──────── SUPPLIED RECORDS ────────
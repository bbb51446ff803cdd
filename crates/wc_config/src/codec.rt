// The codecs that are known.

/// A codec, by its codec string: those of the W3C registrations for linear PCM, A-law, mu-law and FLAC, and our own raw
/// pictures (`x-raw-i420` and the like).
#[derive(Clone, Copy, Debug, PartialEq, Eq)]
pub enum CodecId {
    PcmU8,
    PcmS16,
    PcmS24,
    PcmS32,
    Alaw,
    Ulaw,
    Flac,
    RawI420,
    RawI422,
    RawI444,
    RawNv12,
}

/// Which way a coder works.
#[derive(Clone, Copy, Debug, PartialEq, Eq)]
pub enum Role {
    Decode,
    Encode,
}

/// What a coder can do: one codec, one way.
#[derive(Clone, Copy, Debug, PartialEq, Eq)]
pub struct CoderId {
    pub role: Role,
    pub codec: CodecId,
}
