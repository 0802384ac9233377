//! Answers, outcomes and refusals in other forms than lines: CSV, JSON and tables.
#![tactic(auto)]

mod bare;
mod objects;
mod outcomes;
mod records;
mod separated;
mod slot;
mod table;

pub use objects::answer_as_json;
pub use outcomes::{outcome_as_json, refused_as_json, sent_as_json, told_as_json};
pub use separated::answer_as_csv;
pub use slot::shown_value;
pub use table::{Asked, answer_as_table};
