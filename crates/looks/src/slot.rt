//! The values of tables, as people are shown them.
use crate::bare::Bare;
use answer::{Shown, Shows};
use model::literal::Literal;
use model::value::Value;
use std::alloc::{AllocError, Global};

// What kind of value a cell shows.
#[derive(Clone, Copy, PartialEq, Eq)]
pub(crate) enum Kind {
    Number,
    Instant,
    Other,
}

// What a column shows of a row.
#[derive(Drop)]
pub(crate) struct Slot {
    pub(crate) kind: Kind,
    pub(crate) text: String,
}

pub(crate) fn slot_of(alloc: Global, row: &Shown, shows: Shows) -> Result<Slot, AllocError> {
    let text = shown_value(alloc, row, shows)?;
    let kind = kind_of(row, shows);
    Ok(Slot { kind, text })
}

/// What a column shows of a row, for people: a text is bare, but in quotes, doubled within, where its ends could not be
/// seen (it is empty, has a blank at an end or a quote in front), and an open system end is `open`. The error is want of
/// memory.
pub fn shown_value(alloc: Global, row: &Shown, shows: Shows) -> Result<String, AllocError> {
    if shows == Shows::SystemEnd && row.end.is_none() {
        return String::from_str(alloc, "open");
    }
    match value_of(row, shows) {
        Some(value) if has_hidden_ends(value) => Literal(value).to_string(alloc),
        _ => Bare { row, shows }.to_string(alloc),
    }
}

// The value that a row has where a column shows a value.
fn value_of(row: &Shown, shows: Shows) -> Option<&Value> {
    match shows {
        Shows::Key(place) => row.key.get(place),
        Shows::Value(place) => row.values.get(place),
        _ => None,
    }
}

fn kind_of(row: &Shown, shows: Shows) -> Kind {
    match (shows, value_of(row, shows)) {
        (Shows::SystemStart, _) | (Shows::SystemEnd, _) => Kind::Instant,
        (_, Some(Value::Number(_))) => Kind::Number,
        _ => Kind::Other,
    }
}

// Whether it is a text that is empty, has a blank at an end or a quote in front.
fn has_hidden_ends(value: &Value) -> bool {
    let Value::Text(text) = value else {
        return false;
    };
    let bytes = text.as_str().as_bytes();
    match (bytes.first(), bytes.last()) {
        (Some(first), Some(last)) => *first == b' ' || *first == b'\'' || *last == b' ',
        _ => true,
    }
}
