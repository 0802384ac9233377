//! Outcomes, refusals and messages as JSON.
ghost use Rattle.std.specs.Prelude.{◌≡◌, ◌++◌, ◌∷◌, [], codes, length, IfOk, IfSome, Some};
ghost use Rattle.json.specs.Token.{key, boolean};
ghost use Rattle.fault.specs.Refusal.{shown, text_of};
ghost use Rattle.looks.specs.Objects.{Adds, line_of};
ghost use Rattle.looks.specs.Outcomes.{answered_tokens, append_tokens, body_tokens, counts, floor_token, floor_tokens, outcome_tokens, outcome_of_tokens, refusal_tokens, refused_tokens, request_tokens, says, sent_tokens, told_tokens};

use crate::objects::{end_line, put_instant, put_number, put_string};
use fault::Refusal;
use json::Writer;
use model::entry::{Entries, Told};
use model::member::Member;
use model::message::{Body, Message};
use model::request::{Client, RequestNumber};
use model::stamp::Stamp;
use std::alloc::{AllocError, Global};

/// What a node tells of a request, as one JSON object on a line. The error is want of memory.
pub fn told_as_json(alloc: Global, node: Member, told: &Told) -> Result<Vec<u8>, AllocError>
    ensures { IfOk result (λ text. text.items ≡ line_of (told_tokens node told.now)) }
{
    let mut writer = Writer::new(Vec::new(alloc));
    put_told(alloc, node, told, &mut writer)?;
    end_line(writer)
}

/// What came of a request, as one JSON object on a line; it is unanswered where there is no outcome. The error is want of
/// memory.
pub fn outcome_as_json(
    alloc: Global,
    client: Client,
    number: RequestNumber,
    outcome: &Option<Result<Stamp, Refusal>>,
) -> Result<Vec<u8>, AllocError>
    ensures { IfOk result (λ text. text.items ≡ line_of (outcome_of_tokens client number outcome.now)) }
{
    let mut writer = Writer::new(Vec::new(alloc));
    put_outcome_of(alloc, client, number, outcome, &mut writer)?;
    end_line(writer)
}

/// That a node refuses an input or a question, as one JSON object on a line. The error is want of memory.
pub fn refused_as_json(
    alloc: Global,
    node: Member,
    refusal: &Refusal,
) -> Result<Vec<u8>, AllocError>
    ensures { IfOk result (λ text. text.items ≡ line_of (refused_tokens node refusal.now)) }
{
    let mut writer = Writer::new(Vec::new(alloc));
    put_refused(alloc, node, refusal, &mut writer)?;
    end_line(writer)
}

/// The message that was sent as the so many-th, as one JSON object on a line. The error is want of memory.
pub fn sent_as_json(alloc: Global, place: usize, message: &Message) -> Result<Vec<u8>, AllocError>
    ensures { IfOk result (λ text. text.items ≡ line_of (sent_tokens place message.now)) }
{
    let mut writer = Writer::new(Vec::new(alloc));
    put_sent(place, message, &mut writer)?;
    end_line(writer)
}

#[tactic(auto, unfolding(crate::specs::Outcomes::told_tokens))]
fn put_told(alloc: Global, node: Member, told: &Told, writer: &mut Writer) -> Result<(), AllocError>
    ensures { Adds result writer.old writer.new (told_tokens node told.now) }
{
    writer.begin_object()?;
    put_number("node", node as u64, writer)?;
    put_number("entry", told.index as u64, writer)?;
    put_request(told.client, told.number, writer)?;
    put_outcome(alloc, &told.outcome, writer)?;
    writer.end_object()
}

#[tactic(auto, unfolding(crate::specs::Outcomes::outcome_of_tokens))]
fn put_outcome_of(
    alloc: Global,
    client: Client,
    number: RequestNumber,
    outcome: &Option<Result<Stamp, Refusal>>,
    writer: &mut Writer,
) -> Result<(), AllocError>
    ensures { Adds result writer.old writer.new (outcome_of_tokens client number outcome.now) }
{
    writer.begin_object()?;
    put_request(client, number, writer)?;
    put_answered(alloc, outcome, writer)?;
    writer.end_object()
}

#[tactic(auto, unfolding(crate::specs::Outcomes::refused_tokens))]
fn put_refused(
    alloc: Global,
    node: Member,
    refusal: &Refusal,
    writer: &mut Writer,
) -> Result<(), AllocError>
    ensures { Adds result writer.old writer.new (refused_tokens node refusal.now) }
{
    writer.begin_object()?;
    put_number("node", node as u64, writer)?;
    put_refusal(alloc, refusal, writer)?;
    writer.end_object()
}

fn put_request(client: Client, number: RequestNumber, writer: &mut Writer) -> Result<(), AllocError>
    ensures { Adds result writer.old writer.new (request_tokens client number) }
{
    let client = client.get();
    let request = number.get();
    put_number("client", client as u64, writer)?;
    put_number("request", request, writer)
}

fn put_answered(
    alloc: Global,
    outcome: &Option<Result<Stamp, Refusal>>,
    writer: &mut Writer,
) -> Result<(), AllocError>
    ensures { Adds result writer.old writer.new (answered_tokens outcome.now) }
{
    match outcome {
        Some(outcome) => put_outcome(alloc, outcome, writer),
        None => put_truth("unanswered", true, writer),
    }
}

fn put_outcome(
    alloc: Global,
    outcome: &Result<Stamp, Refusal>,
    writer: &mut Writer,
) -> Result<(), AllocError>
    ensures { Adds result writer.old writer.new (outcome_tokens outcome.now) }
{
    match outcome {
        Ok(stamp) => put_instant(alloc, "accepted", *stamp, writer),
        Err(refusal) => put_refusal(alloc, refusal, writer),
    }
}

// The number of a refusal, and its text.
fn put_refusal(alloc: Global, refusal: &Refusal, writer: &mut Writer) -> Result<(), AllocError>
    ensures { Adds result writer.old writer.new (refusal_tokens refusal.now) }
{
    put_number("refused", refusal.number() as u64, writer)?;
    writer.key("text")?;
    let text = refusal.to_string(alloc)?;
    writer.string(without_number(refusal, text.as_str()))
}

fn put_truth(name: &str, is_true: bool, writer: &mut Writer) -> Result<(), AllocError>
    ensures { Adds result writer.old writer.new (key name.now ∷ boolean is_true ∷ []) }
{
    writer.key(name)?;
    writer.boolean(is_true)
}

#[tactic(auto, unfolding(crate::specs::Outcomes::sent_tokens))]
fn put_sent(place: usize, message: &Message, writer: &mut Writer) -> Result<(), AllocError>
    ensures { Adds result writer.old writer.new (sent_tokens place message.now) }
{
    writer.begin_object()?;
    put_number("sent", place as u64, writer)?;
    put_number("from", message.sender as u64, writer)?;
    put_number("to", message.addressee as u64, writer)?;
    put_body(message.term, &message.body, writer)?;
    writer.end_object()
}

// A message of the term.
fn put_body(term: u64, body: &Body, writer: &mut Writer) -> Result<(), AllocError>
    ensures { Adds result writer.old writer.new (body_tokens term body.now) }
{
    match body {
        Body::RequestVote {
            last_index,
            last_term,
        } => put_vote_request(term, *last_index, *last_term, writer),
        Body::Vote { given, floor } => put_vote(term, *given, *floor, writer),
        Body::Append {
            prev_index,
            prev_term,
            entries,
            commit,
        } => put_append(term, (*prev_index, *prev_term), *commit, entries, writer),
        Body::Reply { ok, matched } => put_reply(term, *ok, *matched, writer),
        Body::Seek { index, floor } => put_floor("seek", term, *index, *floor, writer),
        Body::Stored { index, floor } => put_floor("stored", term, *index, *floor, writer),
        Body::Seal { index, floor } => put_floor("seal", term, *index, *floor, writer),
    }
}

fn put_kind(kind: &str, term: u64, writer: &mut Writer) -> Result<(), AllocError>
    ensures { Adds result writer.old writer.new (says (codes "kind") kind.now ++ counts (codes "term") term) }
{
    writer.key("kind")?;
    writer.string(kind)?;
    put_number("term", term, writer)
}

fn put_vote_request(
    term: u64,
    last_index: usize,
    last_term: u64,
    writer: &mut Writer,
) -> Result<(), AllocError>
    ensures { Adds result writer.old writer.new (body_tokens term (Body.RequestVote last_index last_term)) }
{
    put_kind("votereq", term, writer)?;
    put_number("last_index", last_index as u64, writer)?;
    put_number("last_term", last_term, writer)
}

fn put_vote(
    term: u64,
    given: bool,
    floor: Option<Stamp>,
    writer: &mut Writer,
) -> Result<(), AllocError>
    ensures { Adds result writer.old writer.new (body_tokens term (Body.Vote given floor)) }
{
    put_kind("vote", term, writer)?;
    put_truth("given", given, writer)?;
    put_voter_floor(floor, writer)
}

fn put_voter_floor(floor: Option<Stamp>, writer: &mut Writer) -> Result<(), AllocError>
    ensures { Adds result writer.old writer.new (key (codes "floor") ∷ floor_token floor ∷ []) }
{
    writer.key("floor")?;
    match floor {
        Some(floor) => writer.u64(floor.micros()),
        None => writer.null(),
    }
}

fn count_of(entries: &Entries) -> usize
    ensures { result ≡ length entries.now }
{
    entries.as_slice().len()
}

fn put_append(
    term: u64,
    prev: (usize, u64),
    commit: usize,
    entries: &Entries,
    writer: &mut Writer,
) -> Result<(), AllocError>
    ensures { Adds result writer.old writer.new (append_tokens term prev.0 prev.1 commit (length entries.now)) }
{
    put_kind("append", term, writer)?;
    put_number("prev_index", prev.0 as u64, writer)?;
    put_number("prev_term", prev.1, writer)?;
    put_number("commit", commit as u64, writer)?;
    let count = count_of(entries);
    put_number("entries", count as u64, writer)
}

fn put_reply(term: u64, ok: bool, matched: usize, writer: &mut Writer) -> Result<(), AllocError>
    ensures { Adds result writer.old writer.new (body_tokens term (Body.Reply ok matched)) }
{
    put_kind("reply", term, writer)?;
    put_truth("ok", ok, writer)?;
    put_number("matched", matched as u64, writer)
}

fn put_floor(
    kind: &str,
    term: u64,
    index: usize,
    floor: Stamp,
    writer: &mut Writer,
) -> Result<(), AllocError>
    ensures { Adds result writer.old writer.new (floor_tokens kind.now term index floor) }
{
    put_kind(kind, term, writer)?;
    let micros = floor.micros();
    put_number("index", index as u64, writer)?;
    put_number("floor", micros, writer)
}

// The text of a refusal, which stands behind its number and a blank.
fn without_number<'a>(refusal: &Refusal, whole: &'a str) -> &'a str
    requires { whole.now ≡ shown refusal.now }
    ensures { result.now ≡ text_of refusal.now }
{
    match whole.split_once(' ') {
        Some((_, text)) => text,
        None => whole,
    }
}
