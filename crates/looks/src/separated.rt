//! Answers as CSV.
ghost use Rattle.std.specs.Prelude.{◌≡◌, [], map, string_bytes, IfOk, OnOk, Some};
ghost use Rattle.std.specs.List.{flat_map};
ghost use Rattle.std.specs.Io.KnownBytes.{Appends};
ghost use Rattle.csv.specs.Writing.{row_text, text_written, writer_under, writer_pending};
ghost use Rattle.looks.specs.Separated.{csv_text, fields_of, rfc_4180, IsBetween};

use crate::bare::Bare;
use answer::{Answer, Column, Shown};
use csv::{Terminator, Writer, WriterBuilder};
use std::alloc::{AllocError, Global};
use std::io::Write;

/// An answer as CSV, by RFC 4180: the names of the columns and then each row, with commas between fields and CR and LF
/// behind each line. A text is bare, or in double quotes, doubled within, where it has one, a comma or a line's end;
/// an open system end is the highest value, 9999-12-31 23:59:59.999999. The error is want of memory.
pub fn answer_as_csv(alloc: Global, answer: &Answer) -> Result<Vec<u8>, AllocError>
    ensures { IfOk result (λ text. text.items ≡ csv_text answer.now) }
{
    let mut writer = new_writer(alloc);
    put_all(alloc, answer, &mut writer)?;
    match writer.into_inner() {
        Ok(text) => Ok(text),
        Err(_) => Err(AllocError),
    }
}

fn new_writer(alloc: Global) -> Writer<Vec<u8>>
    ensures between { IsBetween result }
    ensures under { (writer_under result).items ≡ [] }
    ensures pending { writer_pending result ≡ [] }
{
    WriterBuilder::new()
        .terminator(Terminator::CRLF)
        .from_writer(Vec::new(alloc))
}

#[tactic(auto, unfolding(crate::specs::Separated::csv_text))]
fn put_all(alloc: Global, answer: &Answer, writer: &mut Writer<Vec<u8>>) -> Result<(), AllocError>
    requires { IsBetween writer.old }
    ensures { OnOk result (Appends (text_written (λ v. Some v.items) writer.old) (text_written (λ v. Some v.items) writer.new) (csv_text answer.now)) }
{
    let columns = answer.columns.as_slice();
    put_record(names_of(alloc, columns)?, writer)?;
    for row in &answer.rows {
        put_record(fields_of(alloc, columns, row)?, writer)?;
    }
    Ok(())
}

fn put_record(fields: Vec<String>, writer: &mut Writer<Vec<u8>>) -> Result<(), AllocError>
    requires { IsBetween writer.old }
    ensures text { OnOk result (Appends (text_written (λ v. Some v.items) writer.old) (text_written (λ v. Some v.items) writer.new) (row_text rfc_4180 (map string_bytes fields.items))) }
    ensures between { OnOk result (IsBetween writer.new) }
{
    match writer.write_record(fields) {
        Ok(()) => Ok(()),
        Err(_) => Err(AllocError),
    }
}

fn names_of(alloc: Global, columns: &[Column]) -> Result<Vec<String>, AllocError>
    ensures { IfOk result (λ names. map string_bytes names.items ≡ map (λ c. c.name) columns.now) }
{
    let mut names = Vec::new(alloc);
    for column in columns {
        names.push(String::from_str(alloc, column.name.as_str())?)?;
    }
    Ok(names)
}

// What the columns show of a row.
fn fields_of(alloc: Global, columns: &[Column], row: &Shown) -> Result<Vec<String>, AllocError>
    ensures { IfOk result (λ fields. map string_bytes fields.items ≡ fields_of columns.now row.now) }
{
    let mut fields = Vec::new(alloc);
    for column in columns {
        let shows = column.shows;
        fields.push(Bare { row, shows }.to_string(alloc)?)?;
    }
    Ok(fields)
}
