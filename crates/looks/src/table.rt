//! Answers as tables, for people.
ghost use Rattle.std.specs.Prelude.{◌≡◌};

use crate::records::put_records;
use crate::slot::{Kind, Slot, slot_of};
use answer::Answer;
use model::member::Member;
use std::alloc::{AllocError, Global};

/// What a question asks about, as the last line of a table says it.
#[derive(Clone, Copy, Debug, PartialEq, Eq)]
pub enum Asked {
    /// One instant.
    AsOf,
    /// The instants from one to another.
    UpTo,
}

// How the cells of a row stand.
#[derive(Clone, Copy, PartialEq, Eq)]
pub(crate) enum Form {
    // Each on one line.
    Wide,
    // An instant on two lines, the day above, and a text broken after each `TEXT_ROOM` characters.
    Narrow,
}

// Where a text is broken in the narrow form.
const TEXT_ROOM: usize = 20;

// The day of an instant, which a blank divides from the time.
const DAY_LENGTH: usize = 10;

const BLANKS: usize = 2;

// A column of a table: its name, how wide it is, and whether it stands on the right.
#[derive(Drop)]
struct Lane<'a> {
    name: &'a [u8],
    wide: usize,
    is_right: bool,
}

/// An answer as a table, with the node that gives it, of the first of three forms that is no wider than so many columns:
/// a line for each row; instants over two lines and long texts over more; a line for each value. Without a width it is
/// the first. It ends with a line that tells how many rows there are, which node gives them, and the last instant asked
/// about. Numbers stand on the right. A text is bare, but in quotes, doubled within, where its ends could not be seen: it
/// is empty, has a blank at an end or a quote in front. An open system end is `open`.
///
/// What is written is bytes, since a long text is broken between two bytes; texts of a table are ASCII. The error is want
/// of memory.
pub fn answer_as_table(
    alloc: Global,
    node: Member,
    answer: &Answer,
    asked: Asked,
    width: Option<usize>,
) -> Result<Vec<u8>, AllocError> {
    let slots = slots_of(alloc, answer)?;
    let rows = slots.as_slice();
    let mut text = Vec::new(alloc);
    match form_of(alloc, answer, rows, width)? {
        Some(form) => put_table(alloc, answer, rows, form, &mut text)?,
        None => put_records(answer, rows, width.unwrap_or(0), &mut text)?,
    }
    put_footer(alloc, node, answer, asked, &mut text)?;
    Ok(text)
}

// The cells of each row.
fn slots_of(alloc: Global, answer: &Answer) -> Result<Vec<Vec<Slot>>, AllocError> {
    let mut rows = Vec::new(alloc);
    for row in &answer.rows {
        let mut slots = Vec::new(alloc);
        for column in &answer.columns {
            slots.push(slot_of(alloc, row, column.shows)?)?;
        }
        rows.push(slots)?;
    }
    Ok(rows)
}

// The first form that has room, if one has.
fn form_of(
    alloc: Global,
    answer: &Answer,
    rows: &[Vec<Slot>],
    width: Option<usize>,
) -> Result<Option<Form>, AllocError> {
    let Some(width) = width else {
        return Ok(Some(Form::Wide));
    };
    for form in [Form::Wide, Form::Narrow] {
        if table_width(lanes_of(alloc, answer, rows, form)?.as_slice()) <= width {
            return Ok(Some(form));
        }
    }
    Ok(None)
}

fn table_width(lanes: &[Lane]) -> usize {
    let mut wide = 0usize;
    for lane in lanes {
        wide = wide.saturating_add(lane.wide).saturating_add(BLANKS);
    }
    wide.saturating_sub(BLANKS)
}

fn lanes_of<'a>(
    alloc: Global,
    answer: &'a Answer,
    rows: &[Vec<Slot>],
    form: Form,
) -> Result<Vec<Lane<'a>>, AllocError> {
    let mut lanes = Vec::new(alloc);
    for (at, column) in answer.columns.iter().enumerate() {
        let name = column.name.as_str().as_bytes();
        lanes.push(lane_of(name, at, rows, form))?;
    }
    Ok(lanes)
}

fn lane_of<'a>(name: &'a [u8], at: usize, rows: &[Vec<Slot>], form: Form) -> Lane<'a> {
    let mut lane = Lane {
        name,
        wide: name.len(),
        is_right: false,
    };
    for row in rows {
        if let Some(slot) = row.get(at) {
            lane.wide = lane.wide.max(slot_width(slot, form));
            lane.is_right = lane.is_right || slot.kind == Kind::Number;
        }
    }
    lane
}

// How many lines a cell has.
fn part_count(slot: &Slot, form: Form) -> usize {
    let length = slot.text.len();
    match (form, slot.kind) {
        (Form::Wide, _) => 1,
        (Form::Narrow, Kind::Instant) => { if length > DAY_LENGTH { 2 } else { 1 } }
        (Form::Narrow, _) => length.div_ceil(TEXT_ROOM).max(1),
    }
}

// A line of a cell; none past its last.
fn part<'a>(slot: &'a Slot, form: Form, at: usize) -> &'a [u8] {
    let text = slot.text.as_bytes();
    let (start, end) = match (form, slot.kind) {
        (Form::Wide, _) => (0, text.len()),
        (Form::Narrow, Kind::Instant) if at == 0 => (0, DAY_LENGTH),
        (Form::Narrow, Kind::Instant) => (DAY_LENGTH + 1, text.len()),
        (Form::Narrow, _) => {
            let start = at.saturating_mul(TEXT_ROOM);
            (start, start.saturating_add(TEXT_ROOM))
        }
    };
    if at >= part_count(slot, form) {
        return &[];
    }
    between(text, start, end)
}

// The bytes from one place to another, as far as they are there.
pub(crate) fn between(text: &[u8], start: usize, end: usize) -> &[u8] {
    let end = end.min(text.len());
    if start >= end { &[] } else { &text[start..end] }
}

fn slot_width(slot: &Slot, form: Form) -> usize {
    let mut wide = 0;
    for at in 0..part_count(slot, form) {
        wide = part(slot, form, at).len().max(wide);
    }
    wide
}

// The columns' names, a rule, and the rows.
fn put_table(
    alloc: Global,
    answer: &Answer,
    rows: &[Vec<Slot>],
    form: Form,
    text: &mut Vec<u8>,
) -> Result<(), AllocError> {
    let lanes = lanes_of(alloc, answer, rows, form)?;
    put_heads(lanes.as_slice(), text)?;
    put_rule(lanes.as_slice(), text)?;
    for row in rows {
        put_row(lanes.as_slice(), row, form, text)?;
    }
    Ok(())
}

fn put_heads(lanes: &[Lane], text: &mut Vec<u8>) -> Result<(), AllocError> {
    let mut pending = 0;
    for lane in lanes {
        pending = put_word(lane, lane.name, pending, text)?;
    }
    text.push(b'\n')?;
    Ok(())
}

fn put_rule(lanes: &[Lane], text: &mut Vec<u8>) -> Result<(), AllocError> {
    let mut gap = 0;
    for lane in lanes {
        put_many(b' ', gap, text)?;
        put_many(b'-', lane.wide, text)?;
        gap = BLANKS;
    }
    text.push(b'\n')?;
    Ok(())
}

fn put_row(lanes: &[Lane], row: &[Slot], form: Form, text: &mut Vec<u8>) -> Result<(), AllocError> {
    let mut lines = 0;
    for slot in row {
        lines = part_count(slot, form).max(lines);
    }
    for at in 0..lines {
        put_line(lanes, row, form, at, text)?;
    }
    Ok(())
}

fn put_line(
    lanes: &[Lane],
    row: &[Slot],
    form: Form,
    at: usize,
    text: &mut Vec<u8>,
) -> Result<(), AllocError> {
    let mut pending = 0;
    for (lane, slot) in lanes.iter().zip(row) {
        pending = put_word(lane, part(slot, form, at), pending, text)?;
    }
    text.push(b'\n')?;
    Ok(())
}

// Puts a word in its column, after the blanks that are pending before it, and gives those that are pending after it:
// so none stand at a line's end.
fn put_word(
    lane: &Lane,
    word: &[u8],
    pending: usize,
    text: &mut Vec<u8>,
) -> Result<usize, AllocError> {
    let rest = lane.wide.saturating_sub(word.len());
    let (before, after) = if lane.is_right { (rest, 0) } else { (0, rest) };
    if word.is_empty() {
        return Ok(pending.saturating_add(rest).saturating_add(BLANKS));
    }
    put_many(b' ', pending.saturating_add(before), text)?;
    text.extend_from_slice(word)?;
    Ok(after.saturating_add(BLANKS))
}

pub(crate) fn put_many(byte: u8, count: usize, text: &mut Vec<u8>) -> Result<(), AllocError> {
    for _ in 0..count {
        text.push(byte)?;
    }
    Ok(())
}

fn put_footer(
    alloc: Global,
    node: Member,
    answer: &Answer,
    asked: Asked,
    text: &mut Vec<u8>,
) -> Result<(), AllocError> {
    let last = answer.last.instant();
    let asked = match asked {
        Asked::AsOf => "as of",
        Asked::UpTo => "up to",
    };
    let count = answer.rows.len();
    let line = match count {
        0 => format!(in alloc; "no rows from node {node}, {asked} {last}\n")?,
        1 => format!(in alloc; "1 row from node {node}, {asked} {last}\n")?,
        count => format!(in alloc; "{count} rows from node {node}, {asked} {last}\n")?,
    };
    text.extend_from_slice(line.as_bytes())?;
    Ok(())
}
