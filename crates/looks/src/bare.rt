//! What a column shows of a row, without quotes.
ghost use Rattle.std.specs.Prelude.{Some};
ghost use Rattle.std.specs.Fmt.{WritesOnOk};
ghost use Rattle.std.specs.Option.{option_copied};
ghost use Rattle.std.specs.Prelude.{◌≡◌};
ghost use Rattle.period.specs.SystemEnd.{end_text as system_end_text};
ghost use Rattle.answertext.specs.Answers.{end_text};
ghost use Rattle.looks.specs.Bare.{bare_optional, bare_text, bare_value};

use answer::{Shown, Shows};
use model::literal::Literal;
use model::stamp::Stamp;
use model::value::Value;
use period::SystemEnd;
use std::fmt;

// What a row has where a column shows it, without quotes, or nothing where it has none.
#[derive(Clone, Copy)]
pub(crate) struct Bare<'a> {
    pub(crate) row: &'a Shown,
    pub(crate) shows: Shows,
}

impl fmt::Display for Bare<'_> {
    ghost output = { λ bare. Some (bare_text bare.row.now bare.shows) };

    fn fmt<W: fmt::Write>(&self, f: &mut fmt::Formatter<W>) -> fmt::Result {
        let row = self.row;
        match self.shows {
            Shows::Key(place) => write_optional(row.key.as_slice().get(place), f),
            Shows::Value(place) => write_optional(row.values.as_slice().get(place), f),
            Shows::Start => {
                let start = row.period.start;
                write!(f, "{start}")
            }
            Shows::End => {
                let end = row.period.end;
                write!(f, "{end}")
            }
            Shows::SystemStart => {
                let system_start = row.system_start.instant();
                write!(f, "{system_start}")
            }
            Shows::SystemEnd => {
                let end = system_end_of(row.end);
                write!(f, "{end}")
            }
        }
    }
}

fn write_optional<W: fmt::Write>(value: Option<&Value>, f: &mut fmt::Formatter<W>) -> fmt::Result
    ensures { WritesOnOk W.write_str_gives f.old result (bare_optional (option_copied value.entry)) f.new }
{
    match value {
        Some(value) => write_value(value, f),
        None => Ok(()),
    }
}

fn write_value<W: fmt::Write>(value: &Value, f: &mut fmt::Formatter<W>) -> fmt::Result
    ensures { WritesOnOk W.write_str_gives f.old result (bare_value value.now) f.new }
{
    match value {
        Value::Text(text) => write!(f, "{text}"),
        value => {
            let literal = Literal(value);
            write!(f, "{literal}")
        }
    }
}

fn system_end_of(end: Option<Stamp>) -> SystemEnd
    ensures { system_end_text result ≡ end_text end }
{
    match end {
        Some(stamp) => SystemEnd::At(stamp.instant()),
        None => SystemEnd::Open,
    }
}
────────
WHAT THIS TASK INVOLVES:
Throughout the data above, report every line that contains the string "SystemEnd".

OUTPUT FOR THIS TASK:
    if shows == Shows::SystemEnd && row.end.is_none() {
        (Shows::SystemStart, _) | (Shows::SystemEnd, _) => Kind::Instant,
ghost use Rattle.period.specs.SystemEnd.{end_text as system_end_text};
use period::SystemEnd;
            Shows::SystemEnd => {
fn system_end_of(end: Option<Stamp>) -> SystemEnd
        Some(stamp) => SystemEnd::At(stamp.instant()),
        None => SystemEnd::Open,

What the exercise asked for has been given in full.